The Indexed DB API tries to formulate the minimal common denominator, the things that browser vendors must provide to you so you build your own databases using javascript.

This is much better than what we have right now so you would expect a database geek such as myself to feel ecstatic about the Indexed DB API. I am happy about it but still have some really big concerns about it:

Indexed DB API is not a finished product. Developers need something that can sync our data to another machine, that can store JSON, and where we can run some queries. Maybe something that can gives us push notifications in a flexible way? The Indexed DB API focus in none of these things.

The Indexed DB API specification is heavily relational geared in nature. One might say I'm being untrue, but if they are they probably never worked in a document database. You can read about cursors, transactions, and all sort of things that I would not expect to be in early drafts of a database API for the web. At least I wouldn't.

The Indexed DB API is years from mainstream usage when we need it now! This is my biggest pain point with it: We need to wait for a recommendation, then people will build products (hopefully). Then we need to wait for browsers to catch up and then we need to wait for users to upgrade their browsers. Not easy considering how many people still use IE 6 today.

It looks like we are in the HTML5 vs. XHTML standoff again. This is taking way to long for thing we needed yesterday. I for once think HTML5 was a great thing and broke free from endless boring discussion about making the perfect markup language.

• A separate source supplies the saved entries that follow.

//! Types of values.
ghost use Rattle.std.specs.Prelude.{◌≡◌, ◌↔◌, IfOk, IsTrue};
ghost use Rattle.qk_value.specs.Types.{same_type};
ghost use Rattle.qk_value.specs.View.{view_type};

use qk_base::Memory;
use std::alloc::Global;

/// A type of values.
#[derive(Drop)]
pub enum Ty {
    Int,
    Bool,
    List(Box<Ty>),
    Pair(Box<Ty>, Box<Ty>),
    /// A user type, by its number.
    Made(u32),
}

impl Ty {
    /// An equal type.
    pub fn copy(&self, alloc: Global) -> Result<Ty, Memory>
        ensures { IfOk result (λ copy. view_type copy ≡ view_type self.now) }
    {
        match self {
            Ty::Int => Ok(Ty::Int),
            Ty::Bool => Ok(Ty::Bool),
            Ty::List(item) => {
                let item = item.copy(alloc)?;
                Ok(Ty::List(Box::new(alloc, item)?))
            }
            Ty::Pair(first, second) => {
                let first = first.copy(alloc)?;
                let second = second.copy(alloc)?;
                Ok(Ty::Pair(Box::new(alloc, first)?, Box::new(alloc, second)?))
            }
            Ty::Made(kind) => Ok(Ty::Made(*kind)),
        }
    }

    /// Whether the types are the same.
    pub fn equal(&self, other: &Ty) -> bool
        ensures { IsTrue result ↔ (view_type self.now ≡ view_type other.now) }
    {
        self.is_same(other)
    }

    fn is_same(&self, other: &Ty) -> bool
        ensures { result ≡ same_type (view_type self.now) (view_type other.now) }
    {
        match (self, other) {
            (Ty::Int, Ty::Int) => true,
            (Ty::Bool, Ty::Bool) => true,
            (Ty::List(item), Ty::List(other_item)) => item.is_same(other_item),
            (Ty::Pair(first, second), Ty::Pair(other_first, other_second)) => {
                first.is_same(other_first) && second.is_same(other_second)
            }
            (Ty::Made(kind), Ty::Made(other_kind)) => kind == other_kind,
            _ => false,
        }
    }
}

I for once would just vote for putting CouchDB in the browser and standardize it's HTTP API and replication engine. CouchDB is already an Apache project and is extremely successful in doing the stuff we need to do in web applications. Why reinvent the wheel? Take it and build your standard around it, not some relational biased IDB that people will then implement CouchDB on top of.

I would love to hear why this is such a terrible idea. Base the standard on something that works today and modify it accordingly to what the browser needs?

PS. I have no interest in contributing to confusion or instigate anyone. My sole intention is to have this shit running before I have grey hair and look like Jack Nicholson. If you are looking for trolling I suggest you look somewhere else.


Published at DZone with permission of Nuno Job, author and DZone MVB.

(Note: Opinions expressed in this article and its replies are the opinions of their respective authors and not those of DZone, Inc.)


Bojan Tomic replied on Sun, 2011/12/04 - 4:18pm

I don't work on the client side so all this is a bit alien to me, but your idea sounds quite good in my ears. Transactions, cursors and foreign keys belong in the back end. The front end needs a place to shove JSON (as you noted) and similar blobs of data.

Hm, when I think about it a bit, I think I'm looking at this from a different standpoint from you but I still agree in the end. 

Axel Rauschmayer replied on Tue, 2011/12/06 - 9:09am

I like the idea, it would help us make progress much more quickly. Note, though, that CouchDB’s replication and browser-to-server sync needs are probably much different.

“Maybe something that can gives us push notifications in a flexible way?” –would that really make sense as part of a database API?